▶ [Task to carry out]: Your output should be the lines of the entries below, exactly, from the first one through the line that holds "use crate::item::read_items;".
Information given: Begin
//! Which fault of a text is its first by place.
//!
//! Faults of items and of the bodies of definitions are found by two readings, of which neither says how far it came. Where both
//! meet one, the fewest tokens in which something is wrong are searched for: what is wrong in some tokens is so with more behind.

ghost use Rattle.std.specs.Prelude.{◌≡◌, [], All, Err, IfOk, Some, unwrap_or};
ghost use Rattle.ir_lex.specs.Lexing.{TokenIn};
ghost use Rattle.ir_tree.specs.Table.{Table};
ghost use Rattle.ir_tree.specs.Naming.{Grows};
ghost use Rattle.ir_text.specs.Tokens.{tokens_of};
ghost use Rattle.ir_text.specs.Named.{known_of};
ghost use Rattle.ir_text.specs.Types.{Known};
ghost use Rattle.ir_instr.specs.Defined.{AreTypes};
ghost use Rattle.ir_grammar.specs.Items.{items_at};
ghost use Rattle.ir_grammar.specs.Texts.{token_fault, wrong_among, first_wrong};
ghost use Rattle.ir_reader.specs.Faulting.{at_token, IsSaid};

use crate::item::read_items;
use crate::named::{TextTypes, body_fault};
use ir_lex::token::Token;
use ir_text::cursor::Cursor;
use ir_text::fault::{Fault, ReadEnd};
use ir_text::named::NamedTypes;
use ir_tree::table::Names;
use pv_base::want::Memory;
use std::alloc::Global;

/// The fault, if it is at a token.
fn at_token(fault: Option<Fault>) -> Option<Fault>
    ensures { result ≡ at_token fault }
{
    match fault {
        Some(Fault::At(line, cause)) => Some(Fault::At(line, cause)),
        _ => None,
    }
}

/// What is wrong at a token of these in an item.
fn wrong_item(
    alloc: Global,
    text: &[u8],
    tokens: &[Token],
    names: &mut Names,
    known: &NamedTypes,
) -> Result<Option<Fault>, Memory>
    requires tokens { All (TokenIn text.now) tokens.now }
    requires types { AreTypes names.old known.now }
    ensures wrong { (all : Known) → ((later : Table) → Grows names.old later → known_of later known.now ≡ all) → IfOk result (λ fault. fault ≡ token_fault (items_at all (tokens_of text.now tokens.now))) }
    ensures grows { Grows names.old names.new }
{
    let mut cursor = Cursor::new(alloc, text, tokens);
    match read_items(&mut cursor, names, known) {
        Ok(_) => Ok(None),
        Err(ReadEnd::Bad(fault)) => Ok(at_token(Some(fault))),
        Err(ReadEnd::Memory) => Err(Memory),
    }
}

/// What is wrong at a token of these, in an item or else in the body of a definition.
fn wrong_among(
    alloc: Global,
    text: &[u8],
    tokens: &[Token],
    names: &mut Names,
    named: &TextTypes,
) -> Result<Option<Fault>, Memory>
    requires tokens { All (TokenIn text.now) tokens.now }
    requires types { AreTypes names.old named.now.known }
    ensures wrong { (only known : Known) → IsSaid names.old named.now only known → IfOk result (λ fault. fault ≡ wrong_among only known (tokens_of text.now tokens.now)) }
    ensures grows { Grows names.old names.new }
{
    match wrong_item(alloc, text, tokens, names, &named.known)? {
        Some(fault) => Ok(Some(fault)),
        None => Ok(at_token(body_fault(alloc, text, tokens, &named.only)?)),
    }
}

/// What is wrong in the fewest tokens, where this is wrong in all.
fn first_wrong(
    alloc: Global,
    text: &[u8],
    tokens: &[Token],
    names: &mut Names,
    named: &TextTypes,
    mut found: Fault,
) -> Result<Fault, Memory>
    requires tokens { All (TokenIn text.now) tokens.now }
    requires types { AreTypes names.old named.now.known }
    ensures { (only known : Known) → IsSaid names.old named.now only known → wrong_among only known (tokens_of text.now tokens.now) ≡ Some found → IfOk result (λ fault. first_wrong (wrong_among only known) [] (tokens_of text.now tokens.now) ≡ Some fault) }
{
    let mut least = 0;
    let mut most = tokens.len();
    while least < most {
        let middle = least + (most - least) / 2;
        match wrong_among(alloc, text, &tokens[..middle], names, named)? {
            Some(fault) => {
                found = fault;
                most = middle;
            }
            None => least = middle + 1,
        }
    }
    Ok(found)
}

/// The first fault of a text whose items end with this one: it, unless one in a body is met in fewer tokens.
pub fn first_fault(
    alloc: Global,
    text: &[u8],
    tokens: &[Token],
    names: &mut Names,
    named: &TextTypes,
    item: Fault,
) -> Result<Fault, Memory>
    requires tokens { All (TokenIn text.now) tokens.now }
    requires types { AreTypes names.old named.now.known }
    ensures { (only known : Known) → IsSaid names.old named.now only known → items_at known (tokens_of text.now tokens.now) ≡ Err item → IfOk result (λ fault. fault ≡ unwrap_or (first_wrong (wrong_among only known) [] (tokens_of text.now tokens.now)) item) }
{
    match at_token(body_fault(alloc, text, tokens, &named.only)?) {
        None => Ok(item),
        Some(body) => match item {
            Fault::Ended => Ok(body),
            Fault::At(line, cause) => {
                first_wrong(alloc, text, tokens, names, named, Fault::At(line, cause))
            }
        },
    }
}
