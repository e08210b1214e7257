//! Named types and globals.

ghost use Rattle.std.specs.Prelude.{◌≡◌, ◌<◌, ◌≤◌, ◌+◌, length, map, IfOk, OnOk, IfSome, ◌^◌};
ghost use Rattle.pv_base.specs.Limits.{live_limit};
ghost use Rattle.ir_tree.specs.Table.{Table};
ghost use Rattle.ir_tree.specs.Naming.{Grows, name_at, type_at};
ghost use Rattle.ir_tree.specs.Shown.{shown_named, shown_global};
ghost use Rattle.ir_tree.specs.Filling.{NamedWithin};
ghost use Rattle.ir_tree.specs.Bounds.{IsLayout};
ghost use Rattle.ir_text.specs.Reading.{Reads, token_by};
ghost use Rattle.ir_text.specs.Named.{known_of, layout_in};
ghost use Rattle.ir_text.specs.MemoryTypes.{AreLaid};
ghost use Rattle.ir_instr.specs.Defined.{AreNames, IsNew};
ghost use Rattle.ir_instr.specs.Words.{worded};
ghost use Rattle.ir_grammar.specs.Items as spec;
ghost use Rattle.ir_reader.specs.Placing.{type_of, global_of};

use crate::names::{new_global, new_local};
use ir_instr::defined::Defined;
use ir_instr::parts::scalar_of;
use ir_lex::token::{Cause, TokenKind};
use ir_text::constants::width_of;
use ir_text::cursor::{Cursor, Lexeme};
use ir_text::fault::{Fault, ReadEnd};
use ir_text::layouts::TypeLayouts;
use ir_text::leaves::{bad, is_mark, is_word, mark, word};
use ir_text::memory_types::read_memory_type;
use ir_text::named::NamedTypes;
use ir_text::nested::read_type;
use ir_text::operands::read_constant;
use ir_text::passed::{Stops, words};
use ir_text::tails::tails;
use ir_tree::items::{Global, NamedType};
use ir_tree::layout::Layout;
use ir_tree::nodes::TypeId;
use ir_tree::table::Names;
use pv_base::limits::LIVE_LIMIT;
use pv_base::want::Memory;
use std::alloc::Global as Allocator;

/// Why a token begins no body of a named type: another type is no operand here.
fn no_body(alloc: Allocator, lexeme: &Lexeme<'_>, known: &NamedTypes) -> Result<Cause, Memory>
    ensures { IfOk result (λ c. (later : Table) → c ≡ spec.no_body (known_of later known.now) lexeme.now) }
{
    if is_mark(lexeme, b'[') {
        return Ok(Cause::Operand);
    }
    match lexeme.kind() {
        TokenKind::Word => match scalar_of(lexeme) {
            Ok(_) => Ok(Cause::Operand),
            Err(cause) => Ok(cause),
        },
        TokenKind::LocalName => {
            let name = lexeme.name(alloc)?;
            match known.body(&name) {
                Some(_) => Ok(Cause::Operand),
                None => Ok(Cause::BadType),
            }
        }
        _ => Ok(Cause::BadType),
    }
}

/// Whether a token begins the body of a named type.
fn begins_body(lexeme: &Lexeme<'_>) -> bool
    ensures { result ≡ spec.begins_body lexeme.now }
{
    is_mark(lexeme, b'{') || is_mark(lexeme, b'<')
}

/// Reads `{ T, .. }` or `<{ T, .. }>`.
#[tactic(auto, using(ir_text::proofs::Later::later), unfolding(ir_grammar::specs::Items::named_body_at))]
pub fn named_body(
    cursor: &mut Cursor<'_>,
    names: &mut Names,
    known: &NamedTypes,
) -> Result<TypeId, ReadEnd>
    ensures reads { (later : Table) → Grows names.new later → Reads (type_at later) cursor.new result (spec.named_body_at (known_of later known.now) cursor.old) }
    ensures within { IfOk result (λ k. k < length names.new.types) }
    ensures grows { Grows names.old names.new }
{
    let first = match cursor.peek() {
        Some(first) => first,
        None => return Err(ReadEnd::Bad(Fault::Ended)),
    };
    if begins_body(&first) {
        return read_type(cursor, names, known);
    }
    let cause = no_body(cursor.alloc(), &first, known)?;
    Err(bad(cursor.alloc(), &first, cause))
}

/// Reads `%name = type BODY`, where these names of types were given before.
#[tactic(auto, using(ir_text::proofs::Later::later))]
pub fn named_type(
    cursor: &mut Cursor<'_>,
    names: &mut Names,
    known: &NamedTypes,
    types: &Defined,
) -> Result<NamedType, ReadEnd>
    requires { AreNames names.old types.now }
    ensures reads { (later : Table) → Grows names.new later → Reads (shown_named later) cursor.new result (spec.named_type_at (known_of later known.now) (map (name_at later) types.now) cursor.old) }
    ensures within { IfOk result (NamedWithin names.new) }
    ensures grows { Grows names.old names.new }
{
    let name = new_local(cursor, names, types)?;
    mark(cursor, b'=')?;
    word(cursor, b"type")?;
    let of = named_body(cursor, names, known)?;
    Ok(NamedType { name, of })
}

/// Reads `global` or `constant`. Answers whether it was the second.
#[tactic(auto, unfolding(ir_text::specs::Reading::token_by, ir_instr::specs::Words::meaning_of))]
fn global_word(cursor: &mut Cursor<'_>) -> Result<bool, ReadEnd>
    ensures { Reads (λ x. x) cursor.new result (token_by (worded spec.global_words) cursor.old) }
{
    match cursor.next() {
        None => Err(ReadEnd::Bad(Fault::Ended)),
        Some(lexeme) => {
            if is_word(&lexeme, b"global") {
                Ok(false)
            } else if is_word(&lexeme, b"constant") {
                Ok(true)
            } else {
                Err(bad(cursor.alloc(), &lexeme, Cause::Operand))
            }
        }
    }
}

/// The type of a global, and the bytes that it takes.
#[derive(Clone, Copy)]
pub struct Placed {
    pub of: TypeId,
    pub bytes: u64,
}

fn bytes_of(layout: Option<Layout>) -> u64
    requires { IfSome layout IsLayout }
    ensures bytes { result ≡ spec.bytes_of layout }
    ensures below { result < 2 ^ 63 }
{
    match layout {
        Some(layout) => layout.size,
        None => 0,
    }
}

/// Whether so many bytes more are not too many.
fn fits(size: u64, bytes: u64) -> bool
    requires size { size ≤ live_limit }
    requires bytes { bytes < 2 ^ 63 }
    ensures { result ≡ spec.fits_globals (size + bytes) }
{
    size + bytes <= LIVE_LIMIT
}

/// Reads a type with a layout, with which the globals, which take so many bytes without it, are not too many.
pub fn global_type(
    cursor: &mut Cursor<'_>,
    names: &mut Names,
    known: &NamedTypes,
    layouts: &mut TypeLayouts,
    size: u64,
) -> Result<Placed, ReadEnd>
    requires laid { AreLaid (layout_in known.now) names.old layouts.old }
    requires size { size ≤ live_limit }
    ensures reads { (later : Table) → Grows names.new later → Reads (type_of later) cursor.new result (spec.global_type_at (known_of later known.now) size cursor.old) }
    ensures bytes { IfOk result (λ p. (later : Table) → Grows names.new later → p.bytes ≡ spec.size_of (known_of later known.now) (type_at later p.of)) }
    ensures fits { IfOk result (λ p. size + p.bytes ≤ live_limit) }
    ensures within { IfOk result (λ p. p.of < length names.new.types) }
    ensures laid { AreLaid (layout_in known.now) names.new layouts.new }
    ensures grows { Grows names.old names.new }
{
    let first = match cursor.peek() {
        Some(first) => first,
        None => return Err(ReadEnd::Bad(Fault::Ended)),
    };
    let of = read_memory_type(cursor, names, known, layouts)?;
    names.is_table();
    let bytes = bytes_of(layouts.of(names, known, of)?);
    if fits(size, bytes) {
        return Ok(Placed { of, bytes });
    }
    Err(bad(cursor.alloc(), &first, Cause::Layout))
}

/// A global, and the bytes that it takes.
#[derive(Clone, Copy)]
pub struct PlacedGlobal {
    pub global: Global,
    pub bytes: u64,
}

/// Reads `@name = WORDS global|constant T INIT`, and what is passed over behind it. These names of globals and functions
/// were given before, and the globals take so many bytes without it.
#[tactic(auto, using(ir_text::proofs::Later::later))]
pub fn read_global(
    cursor: &mut Cursor<'_>,
    names: &mut Names,
    known: &NamedTypes,
    layouts: &mut TypeLayouts,
    values: &Defined,
    size: u64,
) -> Result<PlacedGlobal, ReadEnd>
    requires values { AreNames names.old values.now }
    requires laid { AreLaid (layout_in known.now) names.old layouts.old }
    requires size { size ≤ live_limit }
    ensures reads { (later : Table) → Grows names.new later → Reads (global_of later) cursor.new result (spec.global_at (known_of later known.now) (map (name_at later) values.now) size cursor.old) }
    ensures bytes { IfOk result (λ g. (later : Table) → Grows names.new later → g.bytes ≡ spec.size_of (known_of later known.now) (type_at later g.global.of)) }
    ensures fits { IfOk result (λ g. size + g.bytes ≤ live_limit) }
    ensures new { IfOk result (λ g. IsNew names.new values.now g.global.name) }
    ensures laid { OnOk result (AreLaid (layout_in known.now) names.new layouts.new) }
    ensures grows { Grows names.old names.new }
{
    names.is_table();
    let name = new_global(cursor, names, values)?;
    mark(cursor, b'=')?;
    let before = Stops {
        words: &[b"global", b"constant"],
        types: false,
    };
    words(cursor, &before)?;
    let constant = global_word(cursor)?;
    let placed = global_type(cursor, names, known, layouts, size)?;
    names.is_table();
    let width = width_of(names, placed.of);
    let init = read_constant(cursor, names, known, width)?;
    tails(cursor)?;
    Ok(PlacedGlobal {
        global: Global {
            name,
            of: placed.of,
            constant,
            init,
        },
        bytes: placed.bytes,
    })
}
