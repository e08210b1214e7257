//! The items that are passed over whole.

ghost use Rattle.std.specs.Prelude.{◌≡◌, ◌<◌, length, OnOk, ◌&&◌};
ghost use Rattle.ir_text.specs.Reading.{Reads, token_by};
ghost use Rattle.ir_text.specs.Passed.{is_string};
ghost use Rattle.ir_grammar.specs.PassedItems as spec;

use ir_lex::token::{Cause, TokenKind};
use ir_text::cursor::{Cursor, Lexeme};
use ir_text::fault::{Fault, ReadEnd};
use ir_text::leaves::{bad, mark, sees, word};
use ir_text::passed::{group, opens, some_integer, some_word};

/// Whether a token is a string.
fn is_string(lexeme: &Lexeme<'_>) -> bool
    ensures { result ≡ is_string lexeme.now }
{
    match lexeme.kind() {
        TokenKind::Text => true,
        _ => false,
    }
}

/// Passes over all tokens up to the next string, and the string.
pub fn to_string(cursor: &mut Cursor<'_>) -> Result<(), ReadEnd>
    ensures { Reads (λ x. x) cursor.new result (spec.to_string cursor.old) }
{
    while let Some(lexeme) = cursor.next() {
        if is_string(&lexeme) {
            return Ok(());
        }
    }
    Err(ReadEnd::Bad(Fault::Ended))
}

/// Passes over all tokens up to the next bracket that opens, and the group that it opens.
fn to_group(cursor: &mut Cursor<'_>) -> Result<(), ReadEnd>
    ensures { Reads (λ x. x) cursor.new result (spec.to_group cursor.old) }
{
    while let Some(lexeme) = cursor.next() {
        if opens(&lexeme) {
            return group(cursor);
        }
    }
    Err(ReadEnd::Bad(Fault::Ended))
}

fn equals_group(cursor: &mut Cursor<'_>) -> Result<(), ReadEnd>
    ensures { Reads (λ x. x) cursor.new result (spec.equals_group cursor.old) }
{
    mark(cursor, b'=')?;
    to_group(cursor)
}

/// Passes over `#N = { .. }`, behind `attributes`.
pub fn attributes(cursor: &mut Cursor<'_>) -> Result<(), ReadEnd>
    ensures { Reads (λ x. x) cursor.new result (spec.attributes_at cursor.old) }
{
    mark(cursor, b'#')?;
    some_integer(cursor)?;
    equals_group(cursor)
}

/// Reads what metadata is called. Answers whether it is a word, and no number.
#[tactic(auto, unfolding(ir_text::specs::Reading::token_by))]
fn word_or_number(cursor: &mut Cursor<'_>) -> Result<bool, ReadEnd>
    ensures { Reads (λ x. x) cursor.new result (token_by spec.word_or_number cursor.old) }
{
    match cursor.next() {
        None => Err(ReadEnd::Bad(Fault::Ended)),
        Some(lexeme) => match lexeme.kind() {
            TokenKind::Word => Ok(true),
            TokenKind::Integer => Ok(false),
            _ => Err(bad(cursor.alloc(), &lexeme, Cause::Operand)),
        },
    }
}

/// Passes over `!name = ..` or `!N = ..`.
pub fn metadata(cursor: &mut Cursor<'_>) -> Result<(), ReadEnd>
    ensures { Reads (λ x. x) cursor.new result (spec.metadata_at cursor.old) }
{
    mark(cursor, b'!')?;
    word_or_number(cursor)?;
    equals_group(cursor)
}

#[tactic(auto, unfolding(ir_text::specs::Reading::token_by))]
fn comdat_name(cursor: &mut Cursor<'_>) -> Result<(), ReadEnd>
    ensures { Reads (λ x. x) cursor.new result (token_by spec.comdat_name cursor.old) }
{
    match cursor.next() {
        None => Err(ReadEnd::Bad(Fault::Ended)),
        Some(lexeme) => match lexeme.kind() {
            TokenKind::Word | TokenKind::Text | TokenKind::Integer => Ok(()),
            _ => Err(bad(cursor.alloc(), &lexeme, Cause::Operand)),
        },
    }
}

/// Passes over `$name = comdat WORD`.
pub fn comdat(cursor: &mut Cursor<'_>) -> Result<(), ReadEnd>
    ensures { Reads (λ x. x) cursor.new result (spec.comdat_at cursor.old) }
{
    mark(cursor, b'$')?;
    comdat_name(cursor)?;
    mark(cursor, b'=')?;
    word(cursor, b"comdat")?;
    some_word(cursor)
}

/// Passes over the rest of an item that begins like `!word !N`, behind which the declaration is over.
fn item_end(cursor: &mut Cursor<'_>) -> Result<bool, ReadEnd>
    ensures { Reads (λ x. x) cursor.new result (spec.item_end cursor.old) }
{
    equals_group(cursor)?;
    Ok(false)
}

fn note_end(cursor: &mut Cursor<'_>) -> Result<bool, ReadEnd>
    ensures { Reads (λ x. x) cursor.new result (spec.note_end cursor.old) }
{
    mark(cursor, b'!')?;
    some_integer(cursor)?;
    Ok(true)
}

/// Passes over the rest of `!word !N`, or of an item that begins so. Answers whether more may follow.
fn attached_end(cursor: &mut Cursor<'_>, named: bool) -> Result<bool, ReadEnd>
    ensures { Reads (λ x. x) cursor.new result (spec.attached_end named cursor.old) }
{
    match named {
        true => {
            if sees(cursor, b'!') {
                return note_end(cursor);
            }
            item_end(cursor)
        }
        false => item_end(cursor),
    }
}

fn attached_one(cursor: &mut Cursor<'_>) -> Result<bool, ReadEnd>
    ensures { Reads (λ x. x) cursor.new result (spec.attached_one cursor.old) }
{
    mark(cursor, b'!')?;
    let named = word_or_number(cursor)?;
    attached_end(cursor, named)
}

/// Passes over any number of `!word !N` behind a declaration, and over an item that begins like one.
pub fn attached(cursor: &mut Cursor<'_>) -> Result<(), ReadEnd>
    ensures { Reads (λ x. x) cursor.new result (spec.attached_at cursor.old) }
{
    for turn in 0..cursor.len() {
        if !sees(cursor, b'!') {
            return Ok(());
        }
        if !attached_one(cursor)? {
            return Ok(());
        }
    }
    Ok(())
}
Information given: End
▶ [Response to the task]:
//! Which fault of a text is its first by place.
//!
//! Faults of items and of the bodies of definitions are found by two readings, of which neither says how far it came. Where both
//! meet one, the fewest tokens in which something is wrong are searched for: what is wrong in some tokens is so with more behind.

ghost use Rattle.std.specs.Prelude.{◌≡◌, [], All, Err, IfOk, Some, unwrap_or};
ghost use Rattle.ir_lex.specs.Lexing.{TokenIn};
ghost use Rattle.ir_tree.specs.Table.{Table};
ghost use Rattle.ir_tree.specs.Naming.{Grows};
ghost use Rattle.ir_text.specs.Tokens.{tokens_of};
ghost use Rattle.ir_text.specs.Named.{known_of};
ghost use Rattle.ir_text.specs.Types.{Known};
ghost use Rattle.ir_instr.specs.Defined.{AreTypes};
ghost use Rattle.ir_grammar.specs.Items.{items_at};
ghost use Rattle.ir_grammar.specs.Texts.{token_fault, wrong_among, first_wrong};
ghost use Rattle.ir_reader.specs.Faulting.{at_token, IsSaid};

use crate::item::read_items;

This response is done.